● **WORK INSTRUCTION**
Find every line in the records below that holds the word "specs" and copy it.

Stored data:
================================

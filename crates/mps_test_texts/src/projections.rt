//! mps_local: each role's projection, or the first choice that can't be merged; and deep and wide types.
ghost use Rattle.std.specs.Prelude.{◌≡◌, ◌<◌, IfOk, length};
ghost use Rattle.mps_local.specs.Local.{plain, plain_branches};
ghost use Rattle.mps_local.specs.Shape.{AllPeers, AllBranchPeers};

use crate::words::{name, variable};
use mps_base::Sort::{self, Bool, Int, Text};
use mps_base::{Name, Role, Roles};
use mps_global::{Branches, Global, Protocol, check};
use mps_local::{Local, ProjectFault, project, project_all, projection_laws, write_local};
use std::alloc::AllocGlobal;
use std::process::Abort;

// A node, with what comes after it left out.
#[derive(Clone, Copy)]
pub(crate) enum Part<'a> {
    Var(&'a str),
    Rec(&'a str),
    Sent(&'a str, &'a str, Sort),
    // the last of the labels goes on, each other one ends
    Choice(&'a str, &'a str, &'a [&'a str]),
}

// The branch of these letters, and then the others.
pub(crate) fn more(
    rt: &(impl Abort + AllocGlobal),
    letters: &str,
    next: Global,
    others: Branches,
) -> Branches {
    Branches::more(rt.alloc(), name(rt, letters), next, others).expect(rt, "memory")
}

// Branches of these labels, of which the last goes on with `next`.
pub(crate) fn branches(rt: &(impl Abort + AllocGlobal), labels: &[&str], next: Global) -> Branches {
    let mut branches = Branches::NoMore;
    let mut body = next;
    for k in 0..labels.len() {
        branches = more(rt, labels[labels.len() - 1 - k], body, branches);
        body = Global::End;
    }
    branches
}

================================

● **SOLVED EXERCISE**
ghost use Rattle.std.specs.Prelude.{◌≡◌, ◌<◌, IfOk, length};
ghost use Rattle.mps_local.specs.Local.{plain, plain_branches};
ghost use Rattle.mps_local.specs.Shape.{AllPeers, AllBranchPeers};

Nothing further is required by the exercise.